Last time, we introduced a more general definition of monads, in the setting of (strict) 2-categories. Unfortunately this strictness is often a bit too rigid to incorporate natural mathematical objects, and this is certainly true for monad theory. This time, we will push our definition of monads beyond this strict setting, into the wider world of bicategories.

Generalising to Bicategories

A bicategory $\mathbf{C}$ consists of:

A collection of 0-cells $A,B,\ldots$
Between every pair of 0-cells $A,B$ , a category $\mathbf{C}(A,B)$ . The objects of these categories are termed 1-cells, and the morphisms 2-cells. Composition of 2-cells is called vertical composition.
For every triple of 0-cells, $A,B,C$ a bifunctor $\circ : \mathbf{C}(B,C) \times \mathbf{C}(A,B) \rightarrow \mathbf{C}(A,B)$ , referred to as horizontal composition. For every 0-cell $A$ , there are identity 1-cells $\mathsf{Id}_A$ in $\mathbf{C}(A,A)$ .

Horizontal composition is associative and unital up to isomorphism. That is, there are natural isomorphisms:

A left unitor $\lambda : \mathsf{Id} \circ (-) \Rightarrow (-)$ .
A right unitor $\rho : (-) \circ \mathsf{Id} \Rightarrow (-)$ .
An associator $\alpha : (-) \circ ((-) \circ (-)) \Rightarrow ((-) \circ (-)) \circ (-)$ , between the two different orders in which we can apply horizontal composition twice.

As you might expect, this structure is subject to some coherence equations, entirely analogous to those for a monoidal category.

Example: A (strict) 2-category is a bicategory in which the unitors and associators are identities, so horizontal composition is unital and associative on the nose.

Example: A monoidal category is “the same thing” as a bicategory with one 0-cell. This is often phrased as “A monoidal category is a one object bicategory”.

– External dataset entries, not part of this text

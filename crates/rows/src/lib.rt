// Rows: sets of variables by value, a bit for each.
#![tactic(auto)]

mod rows;

pub use rows::{HEIGHT, Row, WIDTH, either, has_member, none, one, some, with};
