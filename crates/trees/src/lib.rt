// No code: feature trees, what the answers mean of them, and the proofs.
#![tactic(auto)]
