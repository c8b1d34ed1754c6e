// Sets of variables as rows of bits. Written out word by word, with no index that is not known and no early way out, so
// that a row stays in registers.
ghost use Rattle.std.specs.Prelude.{◌<◌, ◌≡◌, false};
ghost use Rattle.fields.specs.Limits.{most_variables};
ghost use Rattle.fields.specs.Tests.{same};
ghost use Rattle.rules.specs.Connectives.{◌or◌};
ghost use Rattle.rows.specs.Rows.{in_row, has_some, Members};

use fields::MOST_VARIABLES;

// Members are below this.
pub const HEIGHT: usize = MOST_VARIABLES;

// Words of a row: member j has bit j % 64 of word j / 64.
pub const WIDTH: usize = HEIGHT / 64;

pub type Row = [u64; WIDTH];

// The row without members.
#[tactic(auto, using(crate::proofs::Words::no_members))]
pub fn none() -> Row
    ensures { Members result (λ j. false) }
{
    [0, 0]
}

// The row of j alone.
pub fn one(j: usize) -> Row
    requires { j < most_variables }
    ensures { Members result (λ k. same k j) }
{
    if j < 64 {
        [1 << j, 0]
    } else {
        [0, 1 << (j - 64)]
    }
}

// The members of either row.
pub fn either(r: Row, s: Row) -> Row
    ensures { Members result (λ j. in_row r j or in_row s j) }
{
    [r[0] | s[0], r[1] | s[1]]
}

// A row with j too.
pub fn with(r: Row, j: usize) -> Row
    requires { j < most_variables }
    ensures { Members result (λ k. in_row r k or same k j) }
{
    either(r, one(j))
}

// Whether j is a member; what is no variable is none. Both words are asked: one chosen would be read by an index.
pub fn has_member(r: Row, j: usize) -> bool
    ensures { result ≡ in_row r j }
{
    let low = (r[0] >> (j % 64)) & 1 == 1;
    let high = (r[1] >> (j % 64)) & 1 == 1;
    if j < 64 { low } else { j < HEIGHT && high }
}

// Whether there is a member.
pub fn some(r: Row) -> bool
    ensures { result ≡ has_some r }
{
    (r[0] | r[1]) != 0
}
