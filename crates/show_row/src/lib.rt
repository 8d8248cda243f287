// Rows in lines: each boundary with its category numbers, or a code point with their names.
#![tactic(auto)]

use hold::Reading;
use lookup::Located;
use packed::Span;
use say::Stop;
use std::env::Env;
use std::io;
use std::io::Write;

// A dictionary's rows: where each begins, and its categories' place in the pool.
#[derive(Clone, Copy)]
pub struct Rows<'a> {
    pub boundaries: &'a [u32],
    pub starts: &'a [u32],
    pub lengths: &'a [u16],
    pub pool: &'a [u16],
}

impl<'a> Rows<'a> {
    // A part of the pool; nothing where it runs past.
    fn part(self, start: usize, len: usize) -> &'a [u16] {
        self.pool
            .get(start..start.saturating_add(len))
            .unwrap_or(&[])
    }
}

// ---- boundaries

fn put_row(out: &mut impl Write, boundary: u32, row: &[u16]) -> io::Result<()> {
    write!(out, "row {boundary:04X}")?;
    for id in row {
        write!(out, " {id}")?;
    }
    writeln!(out)
}

pub fn show_rows(out: &mut impl Write, rows: Rows) -> io::Result<()> {
    for (i, boundary) in rows.boundaries.iter().enumerate() {
        let start = rows.starts.get(i).copied().unwrap_or(0);
        let len = rows.lengths.get(i).copied().unwrap_or(0);
        // std has no conversion from u32 to usize but `as`.
        put_row(out, *boundary, rows.part(start as usize, usize::from(len)))?;
    }
    Ok(())
}

// ---- code points

fn put_code(out: &mut impl Write, reading: &Reading, code: u32, row: &[u16]) -> io::Result<()> {
    write!(out, "U+{code:04X}")?;
    if row.is_empty() {
        return writeln!(out, " -");
    }
    for id in row {
        write!(out, " ")?;
        show::put_name(out, reading, usize::from(*id))?;
    }
    writeln!(out)
}

// A code point that argument i says, looked up by rows.
fn put_code_at(
    rt: &impl Env,
    out: &mut impl Write,
    i: usize,
    code: u32,
    reading: &Reading,
    rows: Rows,
) -> Result<(), Stop> {
    let Rows {
        boundaries,
        starts,
        lengths,
        pool,
    } = rows;
    match lookup::locate_categories(&[], &[], boundaries, starts, lengths, pool, code) {
        Err(x) => refusal::put_refusal(rt, out, i, b"", x),
        Ok(Located::InFlat(_)) => Ok(()),
        Ok(Located::InRows(Span { start, len })) => {
            Ok(put_code(out, reading, code, rows.part(start, len))?)
        }
    }
}

// What an argument that is no code is looked up as: no scalar value.
const OUTSIDE: u32 = 0xFFFFFFFF;

// The arguments from the first up to the end are codes. One that is refused does not keep those behind it from being answered.
pub fn show_codes(
    rt: &impl Env,
    out: &mut impl Write,
    first: usize,
    end: usize,
    reading: &Reading,
    rows: Rows,
) -> Result<(), Stop> {
    let mut all = Ok(());
    for i in first..end {
        let code = code::code_at(rt, i).unwrap_or(OUTSIDE);
        match put_code_at(rt, out, i, code, reading, rows) {
            Ok(()) => {}
            Err(Stop::Refused) => all = Err(Stop::Refused),
            Err(lost) => return Err(lost),
        }
    }
    all
}
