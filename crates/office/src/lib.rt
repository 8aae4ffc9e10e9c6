// An office: what each command does, and what it is answered.
#![tactic(auto)]

mod asking;
mod beginning;
mod keeping;
mod obeying;
mod office;
mod registers;

pub use office::{Office, OfficeOf};
pub use registers::Registers;

#[cfg(test)]
mod tests;
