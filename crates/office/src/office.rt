use super::registers::Registers;
use books::Roll;
use journal::Journal;
use notice::Notice;
use sources::Board;

// An office, with registers for so many IDs: its journal, and what it keeps beside it. All of it is its owner's: between two
// commands each may be asked and called directly, taken out, and another put in its place.
#[derive(Drop)]
pub struct OfficeOf<'a, const IDS: usize> {
    pub journal: Journal<'a>,
    pub roll: Roll,
    pub board: Board,
    pub registers: Registers<IDS>,
    // The source of figures, where it is not the board.
    pub notice: Option<Notice>,
}

// An office whose log may name the registers 0 to 15.
pub type Office<'a> = OfficeOf<'a, 16>;
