ghost use Rattle.std.specs.Prelude.{◌≡◌};
ghost use Rattle.journal.specs.Model.{model};
ghost use Rattle.office.specs.Desk.{desk};

use super::office::OfficeOf;
use journal::Journal;

impl<'a, const IDS: usize> OfficeOf<'a, IDS> {
    // Its journal, to be asked.
    pub fn journal(&self) -> &Journal<'a>
        ensures { model result.now ≡ (desk self.now).books }
    {
        &self.journal
    }
}
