use meters::Register;

// The hourly registers that are kept, each in the place of its ID, for so many IDs from 0 on. A table of fixed size: no
// heap.
#[derive(Drop)]
pub struct Registers<const IDS: usize> {
    pub(crate) list: [Option<Register>; IDS],
}
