// What the owner of an office does between its commands.
use super::{Office, OfficeOf};
use answers::Answer;
use commands::{Command, IndexReading, MeterField};
use journal::Journal;
use meters::IndexMeter;
use rules::{NO_INTERVAL, NO_LINE, Supply};
use std::test::Fail;

// Place 1 is issued for these days 1,000 kWh by an index meter.
fn issue(first: u16, last: u16, issued: u16) -> Command {
    let reading = IndexReading {
        first,
        last,
        before: 0,
        after: 1_000,
    };
    Command::Issue {
        place: 1,
        first,
        last,
        issued,
        meter: MeterField::Index(reading),
    }
}

// Place 1 is enrolled, and told the quota of 2020 and the price of its January.
fn told(office: &mut Office<'_>) -> bool {
    let enrol = Command::Enrol {
        place: 1,
        percent: 0,
        first: 1,
        last: 23_376,
    };
    let quota = Command::Quota {
        day: 366,
        quota: 450_000,
    };
    let price = Command::Price {
        month: 13,
        price: 1_395_000,
    };
    [enrol, quota, price]
        .iter()
        .all(|command| matches!(office.obey(*command), Answer::Taken))
}

#[test]
fn its_owner_issues_between_commands(rt: HostRuntime) -> Result<(), Fail> {
    let mut intervals = [NO_INTERVAL; 4];
    let mut lines = [NO_LINE; 4];
    let mut office = Office::new(Journal::setup(&mut intervals, &mut lines, 2020, 1));
    assert!(rt; told(&mut office));
    assert!(rt; matches!(office.obey(issue(366, 396, 406)), Answer::Number(1)));
    let Ok(meter) = IndexMeter::new(397, 425, 0, 999) else {
        return Err("no meter".into());
    };
    let february = Supply {
        place: 1,
        first: 397,
        last: 425,
        issued: 435,
    };
    let OfficeOf {
        mut journal,
        roll,
        board,
        registers,
        notice,
    } = office;
    assert_eq!(rt; journal.issue(&roll, &board, &meter, february), Ok(2));
    let mut office = OfficeOf {
        journal,
        roll,
        board,
        registers,
        notice,
    };
    let balance = Command::Balance {
        place: 1,
        year: 2020,
    };
    assert!(rt; matches!(office.obey(balance), Answer::Amount(12_549)));
    Ok(())
}

#[test]
fn books_roll_and_board_go_on_in_another_office(rt: HostRuntime) {
    let mut intervals = [NO_INTERVAL; 4];
    let mut lines = [NO_LINE; 4];
    let mut office = Office::new(Journal::setup(&mut intervals, &mut lines, 2020, 1));
    assert!(rt; told(&mut office));
    assert!(rt; matches!(office.obey(issue(366, 396, 406)), Answer::Number(1)));
    let mut next: Office<'_> = Office::new(office.journal);
    next.roll = office.roll;
    next.board = office.board;
    assert!(rt; matches!(next.obey(issue(366, 396, 406)), Answer::Refused(_)));
    assert!(rt; matches!(next.obey(issue(397, 425, 435)), Answer::Number(2)));
}

// Reads 10 kWh into each of the 24 hours of 1 January 2020.
fn read(office: &mut Office<'_>, id: u8) -> bool {
    (0..24).all(|hour| {
        let reading = Command::Hour {
            id,
            day: 366,
            hour,
            kwh: 10,
        };
        matches!(office.obey(reading), Answer::Taken)
    })
}

#[test]
fn an_office_goes_on_over_other_books(rt: HostRuntime) {
    let mut office = Office::new(Journal::setup(&mut [], &mut [], 2020, 1));
    assert!(rt; told(&mut office));
    let register = Command::Register { id: 15, year: 2020 };
    assert!(rt; matches!(office.obey(register), Answer::Taken));
    assert!(rt; read(&mut office, 15));
    let mut intervals = [NO_INTERVAL; 1];
    let mut lines = [NO_LINE; 1];
    let mut next = OfficeOf {
        journal: Journal::setup(&mut intervals, &mut lines, 2020, 7),
        roll: office.roll,
        board: office.board,
        registers: office.registers,
        notice: office.notice,
    };
    let issue = Command::Issue {
        place: 1,
        first: 366,
        last: 366,
        issued: 406,
        meter: MeterField::Register(15),
    };
    assert!(rt; matches!(next.obey(issue), Answer::Number(7)));
    let balance = Command::Balance {
        place: 1,
        year: 2020,
    };
    assert!(rt; matches!(next.obey(balance), Answer::Amount(1_507)));
}
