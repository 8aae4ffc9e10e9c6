// The registers of an office.
ghost use Rattle.std.specs.Prelude.{◌≡◌};
ghost use Rattle.std.specs.Option.{option_map};
ghost use Rattle.meters.specs.Register.{readings};
ghost use Rattle.office.specs.Registers.{by_id, no_registers, open_register, read_register, register_of};

use super::registers::Registers;
use answers::Answer;
use meters::Register;

impl<const IDS: usize> Registers<IDS> {
    // No register.
    pub(crate) fn none() -> Registers<IDS>
        ensures { by_id result ≡ no_registers IDS }
    {
        Registers { list: [None; IDS] }
    }

    // Keeps a new register in the place of the one before, which stays where the new one is refused.
    pub(crate) fn begin(&mut self, id: u8, year: u16) -> Answer
        ensures { (result, by_id self.new) ≡ open_register id year (by_id self.old) }
    {
        if usize::from(id) >= self.list.len() {
            return Answer::Bad;
        }
        match Register::new(year) {
            Err(refusal) => Answer::Refused(refusal),
            Ok(register) => {
                self.list[usize::from(id)] = Some(register);
                Answer::Taken
            }
        }
    }

    // Reads an hour into a register, where there is one.
    pub(crate) fn read_hour(&mut self, id: u8, day: u16, hour: u8, kwh: u32) -> Answer
        ensures { (result, by_id self.new) ≡ read_register id day hour kwh (by_id self.old) }
    {
        let Some(register) = self.kept(id) else {
            return Answer::Bad;
        };
        // Read as a copy: in place, what the list holds after it was not proved
        let mut read = register;
        let answer = Answer::from(read.read_hour(day, hour, kwh));
        self.list[usize::from(id)] = Some(read);
        answer
    }

    // The register of an ID, if there is one: a copy, since an issue changes the office that lends it.
    pub(crate) fn kept(&self, id: u8) -> Option<Register>
        ensures { option_map readings result ≡ register_of id (by_id self.now) }
    {
        *self.list.get(usize::from(id))?
    }
}
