ghost use Rattle.std.specs.Prelude.{◌≡◌};
ghost use Rattle.journal.specs.Model.{model};
ghost use Rattle.office.specs.Desk.{desk, new_desk};

use super::office::OfficeOf;
use super::registers::Registers;
use books::Roll;
use journal::Journal;
use sources::Board;

impl<'a, const IDS: usize> OfficeOf<'a, IDS> {
    // An office that begins with these books: nobody is enrolled, and nothing was told or read.
    pub fn new(journal: Journal<'a>) -> OfficeOf<'a, IDS>
        ensures { desk result ≡ new_desk IDS (model journal.entry) }
    {
        OfficeOf {
            journal,
            roll: Roll::new(),
            board: Board::new(),
            registers: Registers::none(),
            notice: None,
        }
    }
}
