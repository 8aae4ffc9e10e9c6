ghost use Rattle.std.specs.Prelude.{◌≡◌, length, IfOk, OnErr, OnOk};
ghost use Rattle.office.specs.Desk.{after_notice, by_source, desk, issue_by, issue_with, notice_answer, obeyed};

use super::office::OfficeOf;
use answers::Answer;
use commands::{Command, MeterField};
use meters::IndexMeter;
use meters::meter::Meter;
use notice::Notice;
use rules::Supply;
use std::alloc::{AllocError, Global};

impl<'a, const IDS: usize> OfficeOf<'a, IDS> {
    // Bills a supply by a meter, and by the source that is in force: two arms, since an issue is generic over its source.
    fn issue_by<M: Meter>(&mut self, meter: &M, supply: Supply) -> Answer
        ensures { (result, desk self.new) ≡ issue_by (M.means meter.now) supply (desk self.old) }
    {
        Answer::from(match &self.notice {
            None => self.journal.issue(&self.roll, &self.board, meter, supply),
            Some(notice) => self.journal.issue(&self.roll, notice, meter, supply),
        })
    }

    // Bills a supply by the meter that a line names. Where it is refused, that is the answer: no Result, so by a match.
    fn issue_with(&mut self, meter: MeterField, supply: Supply) -> Answer
        ensures { (result, desk self.new) ≡ issue_with meter supply (desk self.old) }
    {
        match meter {
            MeterField::Index(reading) => {
                match IndexMeter::new(reading.first, reading.last, reading.before, reading.after) {
                    Err(refusal) => Answer::Refused(refusal),
                    Ok(meter) => self.issue_by(&meter, supply),
                }
            }
            MeterField::Register(id) => match self.registers.kept(id) {
                None => Answer::Bad,
                Some(register) => self.issue_by(&register, supply),
            },
        }
    }

    // Carries a command out and says what it is answered. A setup is for whoever holds the storage and a notice for
    // whoever holds its text: they change nothing here. Commands are a closed list: a match is plainer than closures.
    // Whoever lends the office sees no list of registers: `ids` says which IDs may have one.
    pub fn obey(&mut self, command: Command) -> Answer
        ensures answers { (result, desk self.new) ≡ obeyed command (desk self.old) }
        ensures ids { length (desk self.old).registers ≡ IDS }
    {
        match command {
            Command::Setup(_) => Answer::Taken,
            Command::Enrol {
                place,
                percent,
                first,
                last,
            } => Answer::from(self.roll.enrol(place, percent, first, last)),
            Command::Quota { day, quota } => Answer::from(self.board.tell_quota(day, quota)),
            Command::Price { month, price } => Answer::from(self.board.tell_price(month, price)),
            Command::Final { year, quota, price } => Answer::from(
                self.board.tell_final(year, quota, price),
            ),
            Command::Forget { year } => Answer::from(self.board.forget(year)),
            Command::Board => {
                self.notice = None;
                Answer::Taken
            }
            Command::Notice { .. } => Answer::Taken,
            Command::Register { id, year } => self.registers.begin(id, year),
            Command::Hour { id, day, hour, kwh } => self.registers.read_hour(id, day, hour, kwh),
            Command::Issue {
                place,
                first,
                last,
                issued,
                meter,
            } => {
                let supply = Supply {
                    place,
                    first,
                    last,
                    issued,
                };
                self.issue_with(meter, supply)
            }
            Command::Balance { place, year } => Answer::Amount(self.journal.balance(place, year)),
            Command::Lines => Answer::Number(self.journal.line_count() as u64),
            Command::Intervals => Answer::Number(self.journal.interval_count() as u64),
        }
    }

    // Reads a notice, which is the source from here on, faulty or not. The answer is its check's. Without the memory for
    // it the office stays.
    pub fn take_notice(&mut self, heap: Global, text: &[u8]) -> Result<Answer, AllocError>
        ensures answer { IfOk result (λ answer. answer ≡ notice_answer text.now) }
        ensures after { OnOk result (desk self.new ≡ after_notice text.now (desk self.old)) }
        ensures unread { OnErr result (desk self.new ≡ desk self.old) }
        ensures rest { by_source None (desk self.new) ≡ by_source None (desk self.old) }
    {
        let notice = Notice::read(heap, text)?;
        let answer = Answer::from(notice.check());
        self.notice = Some(notice);
        Ok(answer)
    }
}
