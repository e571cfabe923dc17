// Saved bytes accepted as a book.
ghost use Rattle.std.specs.Prelude.{◌≡◌, ◌<◌, ◌≤◌};
ghost use Rattle.orders.specs.Results.{seen};
ghost use Rattle.orders.specs.Told.{grid_of};
ghost use Rattle.saved_book.specs.Calls.{Accept};
ghost use Rattle.saved_book.specs.Decoding.{record_at, orders_upto};
ghost use Rattle.saved_book.specs.Meaning.{orders_read};
ghost use Rattle.saved_book.specs.Steps.{numbered_before, alone};

use crate::fault::{RecordFault, SavedFault};
use crate::layout::Layout;
use crate::saved::SavedBook;
use orders::refusal::Refusal;
use orders::settings::Settings;

// Has a record before `place` this number?
fn is_numbered_before(layout: &Layout<'_>, number: u32, place: usize) -> bool
    requires { place ≤ layout.now.count }
    ensures { result ≡ numbered_before layout.now.bytes.now number place }
{
    (0..place).any(|earlier| layout.number(earlier) == number)
}

// Is record `place` good behind those before it?
fn check_record(settings: Settings, layout: &Layout<'_>, place: usize) -> Result<(), RecordFault>
    requires { place < layout.now.count }
    ensures { result ≡ alone layout.now.bytes.now place (record_at (grid_of settings) layout.now.bytes.now layout.now.count place) }
{
    let order = layout.order(settings, place)?;
    if is_numbered_before(layout, order.terms().number, place) {
        return Err(RecordFault::Refused(Refusal::NumberHeld));
    }
    Ok(())
}

// Are all records good?
fn check_records(settings: Settings, layout: &Layout<'_>) -> Result<(), SavedFault>
    ensures { result ≡ seen (λ _. tt) (orders_upto (grid_of settings) layout.now.bytes.now layout.now.count layout.now.count) }
{
    // a range, since the place of a bad record is told
    for place in 0..layout.count {
        if let Err(fault) = check_record(settings, layout, place) {
            return Err(SavedFault::Record { place, fault });
        }
    }
    Ok(())
}

// The book over these bytes, or their first fault.
pub fn accept(settings: Settings, bytes: &[u8]) -> Result<SavedBook<'_>, SavedFault>
    ensures { Accept (grid_of settings) bytes.now (seen orders_read result) }
{
    let layout = Layout::of(bytes).ok_or(SavedFault::Layout)?;
    check_records(settings, &layout)?;
    Ok(SavedBook { settings, layout })
}
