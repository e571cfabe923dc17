// Saved books: a book written as bytes, bytes read as a book, and a store loaded from them.
#![tactic(auto)]

pub mod accept;
mod bytes;
pub mod fault;
mod layout;
pub mod load;
pub mod reading;
mod records;
pub mod save;
pub mod saved;
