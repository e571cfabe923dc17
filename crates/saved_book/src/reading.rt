// The book over saved bytes as a readable book.
ghost use Rattle.saved_book.specs.Meaning.{orders_read};

use crate::saved::SavedBook;
use book::Book;
use orders::order::Order;

impl Book for SavedBook<'_> {
    ghost orders = { orders_read };

    fn count(&self) -> usize {
        self.layout.count
    }

    fn order_at(&self, place: usize) -> Option<Order> {
        self.order(place)
    }
}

Considering one direction in more detail, in a bicategory $\mathbf{C}$ with one 1-cell $A$ consists of a single category $\mathbf{C}(A,A)$ . We also have:

A horizontal composition bifunctor $\mathbf{C}(A,A) \times \mathbf{C}(A,A) \rightarrow \mathbf{C}(A,A)$ . We consider this to be the tensor product of our monoidal category.
The identity 1-cell $\mathsf{Id}_A$ will serve as the monoidal unit.

The coherence axioms for a bicategory is this simple case are exactly those of a monoidal category. Going in the other direction is similar.

We also introduce a couple of more complex bicategories that will be important in subsequent examples.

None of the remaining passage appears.